Goal live weight 1300 pounds
Goal hanging weight 750 pounds

we sell everything by the whole/half or quarter and not by hanging weight so it's important for me to get as close to these numbers as possible. We pay processing and get paid before We take to processor.
 
Small herd of Wagyu
Just trying to raise great steak.
14% feed, 24% protein block and quality hay.
Around 2 lb adg.
Time on feed 24-30 months
Incredible marbling and taste.
2 questions
The label says that's a maintenance feed. Isn't there a better finishing product?
If fed 24-30 months what is the break even sale price? I would love to try one of the steaks but doubt I can afford one.
 
We are small ranch. All Wagyu cattle except for one Registered Angus that we are using for % breeding.
Cow calf op for the most part... building better heifers is the current goal....along with freezer beef for friends and family.

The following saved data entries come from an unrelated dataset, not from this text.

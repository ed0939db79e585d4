//! What holds of every run of all actors by letters.

ghost use Rattle.std.specs.Prelude.{◌≡◌, ◌<◌, ◌↔◌, List, Some};
ghost use Rattle.adlb_unit.specs.declared.configs.Config.{Config};
ghost use Rattle.adlb_unit.specs.declared.names.Rank.{Rank};
ghost use Rattle.adlb_unit.specs.declared.names.Server.{Server};
ghost use Rattle.bag_ledger.specs.Bag.{Bag, start as empty_bag};
ghost use Rattle.bag_ledger.specs.Runs.{IsLegal, IsRunWhere};
ghost use Rattle.server_law.specs.Agreement.{ServerAgrees};
ghost use Rattle.server_law.specs.Calm.{IsCalm, WaitOnce};
ghost use Rattle.core_run.specs.declared.events.Event.{Event};
ghost use Rattle.core_law.specs.Found.{found_in};
ghost use Rattle.core_law.specs.Others.{CallsStay, ClientsStay};
ghost use Rattle.core_law.specs.Seats.{AreBrought, IsSeated};
ghost use Rattle.core_run.specs.Runs.{NoneIsStuck, Runs, Tells, run};
ghost use Rattle.core_run.specs.World.{World, pool_of, start};

/// What an entry leaves of the ranks that it is not about. A client stands for its rank of the bag after each such step
/// (`ClientsStay`), and the entry adds nothing to the calls of that rank (`CallsStay`).
pub fn other_laws()
    ensures clients_stay { ClientsStay }
    ensures calls_stay { CallsStay }
{}

/// In every run, whatever the numbers of ranks and servers and the order of calls and letters. The ledger so far is a legal run of the bag
/// (`legal`). It is set aside what several servers find when they find that all work is used up (`found_in`). With one server nothing is
/// set aside (`legal_alone`). The bag agrees with each server (`agrees`). Each rank's transcript is what the ledger says of its calls, but
/// for the pending one (`calls`). What each actor is to the bag, is told at once by `seated`. At each server no rank waits twice, and no
/// free unit there is permitted to a rank that waits there and is idle (`calm`). Each letter of a push says what the bag has of its unit.
/// Each unit of the bag that is between servers is brought by exactly one letter under way. For each promise exactly one letter of
/// promised room is under way: the answer that there is room, the unit, or the cancel (`moving`). The front letter of each list is
/// expected, also between servers: where one asks another for a rank, is answered, or hears of a unit. So is each letter of a push, a
/// notice and a verdict. So no event is stuck while stamps are given, but for tokens (`expected`). A run as a relation is the one that the
/// function `run` makes (`same_run`).
pub fn core_run_laws()
    ensures same_run { (w last : World) (events : List Event) → Runs w events last ↔ (run w events ≡ Some last) }
    ensures legal { (config : Config) (events : List Event) (w : World) → Runs (start config) events w →
        (b : Bag) × IsRunWhere (found_in config) (empty_bag config) w.ledger b }
    ensures legal_alone { (config : Config) (events : List Event) (w : World) → config.servers ≡ 1 → Runs (start config) events w →
        IsLegal config w.ledger }
    ensures agrees { (config : Config) (events : List Event) (w : World) → Runs (start config) events w →
        (b : Bag) × IsRunWhere (found_in config) (empty_bag config) w.ledger b × ((server : Server) → server.0 < config.servers
        → ServerAgrees b (pool_of w server)) }
    ensures calls { (config : Config) (events : List Event) (w : World) (rank : Rank) →
        rank.0 < config.ranks → Runs (start config) events w → Tells w rank }
    ensures seated { (config : Config) (events : List Event) (w : World) → Runs (start config) events w → (b : Bag) × IsSeated w b }
    ensures moving { (config : Config) (events : List Event) (w : World) → Runs (start config) events w →
        (b : Bag) × IsRunWhere (found_in config) (empty_bag config) w.ledger b × AreBrought w b }
    ensures calm { (config : Config) (events : List Event) (w : World) (server : Server) →
        server.0 < config.servers → Runs (start config) events w → WaitOnce (pool_of w server) × IsCalm (pool_of w server) }
    ensures expected { (config : Config) (events : List Event) (w : World) → Runs (start config) events w → NoneIsStuck w }
{}
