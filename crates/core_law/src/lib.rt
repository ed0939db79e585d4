//! What holds of every run of all actors by letters, and that its ledger is a legal run of the bag.
//!
//! It stands on the definitions of runs in `core_run`. What holds at every moment is stated over weights of letters and
//! states (`specs/Measures.antt`, `specs/Letters.antt`), over each actor's own state (`specs/Own.antt`) and over the letters
//! on a link (`specs/Lines.antt`). A server's event is a chain of acts, one world after the other (`specs/Acting.antt`).
//! `specs/Seats.antt` says what each actor is to the bag. `specs/Lawful.antt` says what is known of each rank across its
//! client, its letters, the servers and the bag, and `specs/Others.antt` what an entry leaves of other ranks. It speaks of
//! definitions alone and has no code.
#![tactic(auto)]

mod laws;
mod letters;

pub use laws::{core_run_laws, other_laws};
pub use letters::letter_laws;
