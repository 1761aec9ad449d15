//! The operations of an action on its operands.

ghost use Rattle.std.specs.Prelude.{◌≡◌, IfOk};
ghost use Rattle.lower_code.specs.Pieces.{one, when_else};
ghost use Rattle.lower_code.specs.Applied as p;
ghost use Rattle.verse_code.specs.declared.operations.Op.TheVariants as o;
ghost use Rattle.verse_meaning.specs.Forms.{place_in};
ghost use Rattle.lower_lookup.specs.Actions.{form_of};
ghost use Rattle.lower_expr.specs.Endings.{ending_code};
ghost use Rattle.lower_expr.specs.Locals.{scope_of};

use crate::endings::{Ending, indexing, push_fixed, signalling};
use crate::scopes::Scopes;
use lower_code::arounds::Around;
use lower_lookup::actions::Action;
use verse_base::refusals::Memory;
use verse_code::operations::Op;

/// What stands behind one operand.
fn with_one(count: u32, ending: Ending) -> Ending
    ensures { ending_code result ≡ p.with_one count (ending_code ending) }
{
    match count {
        0 => Ending::Stuck,
        1 => ending,
        _ => Ending::Stuck,
    }
}

/// What stands behind two operands.
fn with_two(count: u32, ending: Ending) -> Ending
    ensures { ending_code result ≡ p.with_two count (ending_code ending) }
{
    match count {
        0 | 1 => Ending::Stuck,
        2 => ending,
        _ => Ending::Stuck,
    }
}

fn when_fits(fits: bool, ending: Ending) -> Ending
    ensures { ending_code result ≡ when_else fits (ending_code ending) }
{
    if fits { ending } else { Ending::Stuck }
}

fn awaiting(of_event: bool) -> Op
    ensures { result ≡ p.awaiting of_event }
{
    if of_event {
        Op::AwaitEvent
    } else {
        Op::AwaitTask
    }
}

fn picking(number: Option<u64>) -> Result<Ending, Memory>
    ensures { IfOk result (λ ending. ending_code ending ≡ one (o.Item (place_in number))) }
{
    match number {
        None => Ok(Ending::One(Op::Item(0))),
        Some(number) => match u32::try_from(number) {
            Ok(number) => Ok(Ending::One(Op::Item(number))),
            Err(_) => Err(Memory),
        },
    }
}

/// The operations of an action on so many operands; whether a called function takes so many, or
/// there is the object of the method.
pub fn applied(action: Action, count: u32, fits: bool) -> Result<Ending, Memory>
    ensures { IfOk result (λ ending. ending_code ending ≡ p.finish (form_of action) count fits) }
{
    match action {
        Action::Read(slot) => Ok(with_one(count, Ending::One(Op::Load(slot)))),
        Action::Length => Ok(with_one(count, Ending::One(Op::Length))),
        Action::NoMember => Ok(Ending::Nothing),
        Action::Pick(number) => picking(number),
        Action::Index => Ok(indexing(count)),
        Action::Call(function) => Ok(when_fits(fits, Ending::One(Op::Call(function)))),
        Action::CallOwn(method) => Ok(when_fits(fits, Ending::One(Op::Method(method, count)))),
        Action::CallMethod(method) => Ok(Ending::One(Op::Method(method, count))),
        Action::Print(place) => Ok(with_one(count, Ending::Placed(place, Op::Print(0)))),
        Action::Floor(place) => Ok(with_two(count, Ending::Placed(place, Op::Floor(0)))),
        Action::Ceil(place) => Ok(with_two(count, Ending::Placed(place, Op::Ceil(0)))),
        Action::Modulo => Ok(with_two(count, Ending::One(Op::Mod))),
        Action::Await(of_event) => Ok(Ending::Dropping(count, awaiting(of_event))),
        Action::Signal => Ok(signalling(count)),
        Action::Spawn(function) => Ok(when_fits(fits, Ending::One(Op::Spawn(function)))),
        Action::SpawnOwn(method) => {
            Ok(when_fits(fits, Ending::One(Op::SpawnMethod(method, count))))
        }
        Action::SpawnMethod(method) => Ok(Ending::One(Op::SpawnMethod(method, count))),
    }
}

/// What stands before the operands: the object of one's own method.
pub fn start(action: Action, scopes: &Scopes<'_>) -> Result<Ending, Memory>
    ensures { IfOk result (λ ending. ending_code ending ≡ p.start (form_of action)
        (scope_of scopes.now)) }
{
    match action {
        Action::CallOwn(_) | Action::SpawnOwn(_) => {
            let this = scopes.this()?;
            Ok(push_fixed(this))
        }
        _ => Ok(Ending::Nothing),
    }
}

/// Behind what stands before the operands.
pub fn started(action: Action, around: Around) -> Result<Around, Memory>
    ensures { IfOk result (λ above. above ≡ p.started (form_of action) around) }
{
    match action {
        Action::CallOwn(_) | Action::SpawnOwn(_) => around.up(),
        _ => Ok(around),
    }
}
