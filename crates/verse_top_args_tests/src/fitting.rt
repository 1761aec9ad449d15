//! Whether words are a command.

ghost use Rattle.std.specs.Prelude.{◌↔◌, IsTrue, map, string_bytes};
ghost use Rattle.verse_top_args.specs.Words.{Command, Says};

use verse_top_args::commands::{find_request, words_fit};

/// Whether these words, those after the program's name, are a command, as both calls tell it.
pub fn are_a_command(words: &[String]) -> bool
    ensures { IsTrue result ↔ ((c : Command) × Says (map string_bytes words.now) c) }
{
    words_fit(words) && find_request(words).is_some()
}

We will never have over 50 hd.
We keep no bulls on site. We steer or sell them all.
This is a daily feed for most all of our cattle, this is not a finishing feed.
When finishing the last 4 months we will increase the amount of corn and volume.
Making profit LoL...don't know when or if that will happen...we are just doing our best to build a better steak right now.
We are blessed because we are semi- retired and get to spend all the time we want around our cattle, we see them everyday, we handle our own vet work, we keep great records, and weigh them every time through the chute.
I grew up around Angus so Wagyu is new to me. I have been studying the breed and it's genetics available here in the USA and in Australia for about 4 years.
Wagyu cattle handle fat dispersion differently. Make a Wagyu fat and a good portion becomes IMF unlike others breeds that will store the fat in the tailhead, brisket etc.
It is funny how a lot of our cattle friends keep telling us we are doing it all wrong....then they eat the steak and want to know everything we are doing !
We haven't harvested a Full Blood Wagyu yet. We have only had F1 % Angus cross and it's totally incredible. The results are undeniable.
As far as pricing....
The BMS will have an influence on price. Also the type of fat and SCD rating has price influence.
Average BMS FB Wagyu $ 8.50 lb. - 450 lbs average retail cuts.
High BMS FB Wagyu. (Comparable A5) price is whatever the crazy a** people will pay. I have seen some really hugh $$$ pricing.
My friend Tom has a large operation down in S Georgia and gets $10 lb processed for FB and around $8 lb processed for F1-F2.